En 2017, l'État a accordé à " Réunion Pêche Australe " un quota de pêche de 100 tonnes de légine (sur plus de 6 000 tonnes de quota à distribuer à l'époque), afin que les pêcheurs de La Réunion puissent bénéficier d'une partie des retombées de cette ressource extrêmement profitable, jusque-là réservée à quatre acteurs économiques qui se partageaient les 80 à 100 millions d'euros de chiffre d'affaires annuel généré par cette pêche. (Photo d'illustration rb/www.ipreunion.com)

Dans le même temps, l’État a fait le constat que les règles d’entrée et de progression dans cette pêcherie, réglementée par l’administration des TAAF, devaient être revues en profondeur. Les objectifs de cette réforme étaient clairs : " concilier stabilité des investissements dans la pêcherie, l’exigence de concurrence tout comme de compétitivité, et l’amélioration des retombées pour l’emploi et l’ensemble de la pêche de La Réunion1 ".

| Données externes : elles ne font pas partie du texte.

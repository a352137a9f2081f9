ghost use Rattle.std.specs.Prelude.{◌≡◌, true, false, map, option_map, string_bytes, IfOk};
ghost use Rattle.std.specs.Option.{option_copied};
ghost use Rattle.clap.specs.Words.{app_of, found_of, rows_of, rule_of};
ghost use Rattle.clap.specs.Walk.{first_of, all_of};
ghost use Rattle.server_words.specs.Command.{option, rest, serve, member, is_named, found_by, is_plain};

use clap::error::ErrorKind;
use clap::{Arg, ArgMatches, Command};
use link_ends::NoMemory;
use std::alloc::Global;

/// The names of the commands, and of what stands behind them.
pub const SERVE: &str = "serve";

pub const MEMBER: &str = "member";

pub const LISTEN: &str = "listen";

pub const RDB: &str = "rdb";

pub const SESSIONS: &str = "sessions";

pub const WORKERS: &str = "workers";

pub const CAP: &str = "cap";

pub const USER: &str = "user";

/// Whether the first word is this name.
pub fn is_named(words: &[String], name: &str) -> bool
    ensures { result ≡ is_named name.now (map string_bytes words.now) }
{
    match words {
        [] => false,
        [word, ..] => word.as_str() == name,
    }
}

/// An option of this name, which is required and takes one value.
fn option<'a>(alloc: Global, name: &'a str) -> Arg<'a>
    ensures rule { rule_of result ≡ option name.entry.now }
    ensures local { result.global ≡ false }
{
    Arg::new(alloc, name).long(name).required(true)
}

/// The words behind the options, at least one.
fn rest<'a>(alloc: Global, name: &'a str) -> Arg<'a>
    ensures rule { rule_of result ≡ rest name.entry.now }
    ensures local { result.global ≡ false }
{
    Arg::new(alloc, name).num_args(1..).required(true)
}

/// The command `serve`.
pub fn serve<'a>(alloc: Global) -> Result<Command<'a>, NoMemory>
    ensures { IfOk result (λ command. app_of command ≡ serve) }
{
    let command = Command::new(alloc, SERVE)
        .arg(option(alloc, LISTEN))?
        .arg(option(alloc, RDB))?
        .arg(option(alloc, SESSIONS))?
        .arg(option(alloc, WORKERS))?
        .arg(option(alloc, CAP))?
        .arg(rest(alloc, MEMBER))?;
    Ok(command)
}

/// The command `member`.
pub fn member<'a>(alloc: Global) -> Result<Command<'a>, NoMemory>
    ensures { IfOk result (λ command. app_of command ≡ member) }
{
    let command = Command::new(alloc, MEMBER)
        .arg(option(alloc, LISTEN))?
        .arg(option(alloc, SESSIONS))?
        .arg(option(alloc, WORKERS))?
        .arg(rest(alloc, USER))?;
    Ok(command)
}

/// What is found in words. None exactly where the command doesn't take them.
pub fn parse<'a>(
    command: Command<'a>,
    words: &'a [String],
) -> Result<Option<ArgMatches<'a>>, NoMemory>
    requires { is_plain (app_of command) ≡ true }
    ensures { IfOk result (λ found. option_map (λ matches. rows_of (found_of matches)) found
        ≡ found_by (app_of command.entry) (map string_bytes words.entry.now)) }
{
    match command.try_get_matches_from(words) {
        Ok(matches) => Ok(Some(matches)),
        Err(error) => match error.kind() {
            ErrorKind::OutOfMemory => Err(NoMemory),
            _ => Ok(None),
        },
    }
}

/// The value of an option.
pub fn value_in<'a>(matches: &ArgMatches<'a>, name: &str) -> Option<&'a str>
    ensures { option_copied result ≡ first_of name.now (rows_of (found_of matches.now)) }
{
    matches.get_str(name)
}

/// The words behind the options.
pub fn rest_in<'m, 'a>(matches: &'m ArgMatches<'a>, name: &str) -> Option<&'m [&'a str]>
    ensures { option_map (λ words. map (λ word. word.now) words.now) result ≡ all_of name.now (rows_of (found_of matches.now)) }
{
    matches.get_raw(name)
}
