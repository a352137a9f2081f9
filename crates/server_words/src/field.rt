ghost use Rattle.std.specs.Prelude.{◌≡◌, ◌≤◌, map, option_map, string_bytes, IfOk, IfSome};
ghost use Rattle.std.specs.Option.{option_copied};
ghost use Rattle.std.specs.List.{list_all};
ghost use Rattle.script_words.specs.Number.{number_within};
ghost use Rattle.server_words.specs.Field.{is_host_character, is_host, is_port, is_address, address_of, member_address, member_weight, user_of};

use hex_lines::cut_at;
use script_words::{is_name, read_within};

/// How many characters the name of a host has at most.
const LONGEST_HOST: usize = 253;

/// The greatest port.
const MOST_PORT: u32 = 65535;

/// The greatest weight of a member.
const MOST_WEIGHT: u32 = 65535;

/// Whether each of these is a letter, a digit, a point or a hyphen.
fn are_host_characters(text: &[u8]) -> bool
    ensures { result ≡ list_all is_host_character text.now }
{
    text.iter().all(|byte| byte.is_ascii_alphanumeric() || *byte == b'.' || *byte == b'-')
}

/// Whether a text is the name of a host: 1 to 253 letters, digits, points and hyphens, the first no hyphen.
fn is_host(text: &[u8]) -> bool
    ensures { result ≡ is_host text.now }
{
    1 <= text.len() && text.len() <= LONGEST_HOST && are_host_characters(text) && text[0] != b'-'
}

/// Whether a text is an address: the name of a host, a colon and a port.
#[tactic(auto, unfolding(crate::specs::Field::is_address))]
fn is_address(text: &str) -> bool
    ensures { result ≡ is_address text.now }
{
    let (host, port) = cut_at(text.as_bytes(), b':');
    is_host(host) && read_within(port, 0, MOST_PORT).is_some()
}

/// The same text, where it is an address.
pub fn read_address(text: &str) -> Option<&str>
    ensures { option_copied result ≡ address_of text.now }
{
    if is_address(text) { Some(text) } else { None }
}

/// The address of a member, which stands before the first `=`.
pub fn member_address(word: &str) -> Option<&str>
    ensures { option_copied result ≡ member_address word.now }
{
    match word.split_once('=') {
        Some((address, _)) => read_address(address),
        None => read_address(word),
    }
}

/// A weight.
fn weight_of(word: &[u8]) -> Option<u16>
    ensures { result ≡ number_within 0 65535 word.now }
{
    Some(read_within(word, 0, MOST_WEIGHT)? as u16)
}

/// The weight of a member, which stands behind the first `=`.
pub fn member_weight(word: &str) -> Option<u16>
    ensures { result ≡ member_weight word.now }
{
    weight_of(cut_at(word.as_bytes(), b'=').1)
}

/// The name and the password of a user, which stand round the first colon.
pub fn read_user(word: &str) -> Option<(&str, &str)>
    ensures { option_map (λ user. (user.0.now, user.1.now)) result ≡ user_of word.now }
{
    match word.split_once(':') {
        Some((name, password)) if is_name(name.as_bytes()) && is_name(password.as_bytes()) => {
            Some((name, password))
        }
        _ => None,
    }
}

Or, le nouveau projet de plan de gestion de cette pêcherie, publié sur le site de la préfecture des TAAF le 9 mai 2019, effectue un virage à 180 degrés par rapport à ses objectifs initiaux, en aggravant comme jamais les conditions de la concurrence, et en ne s’intéressant quasiment pas aux retombées de cette pêcherie pour La Réunion. Il résulte de tout ceci que les pêcheurs de La Réunion, qui avaient fait l’effort de s’organiser au sein de " Réunion Pêche Australe " pour proposer un projet crédible et vertueux à l’État, sont désormais certains d’être durablement exclus de la pêcherie à la légine, au profit d’une protection sans précédent accordée par l’État aux quatre opérateurs historiques.

Cette décision est aussi incompréhensible qu’injuste : les pêcheurs de La Réunion ne doivent pas être les seuls pêcheurs d’Europe à être exclus de cette pêcherie, opérée depuis leur territoire et dont la ressource se situe à leurs portes. Elle est d’autant plus incompréhensible que, tandis que l’État se fixe comme objectif prioritaire d’introduire davantage de concurrence en Outre-mer, il organise un véritable oligopole dans les TAAF.

Ce nouveau projet de plan de gestion est actuellement en phase de concertation à la préfecture des TAAF, jusqu’au 30 mai. L’État doit le revoir en profondeur pour rendre plus justes et plus équitables les conditions d’accès à  cette pêcherie, et mieux prendre en compte les retombées pour La Réunion, conformément à ses objectifs initiaux.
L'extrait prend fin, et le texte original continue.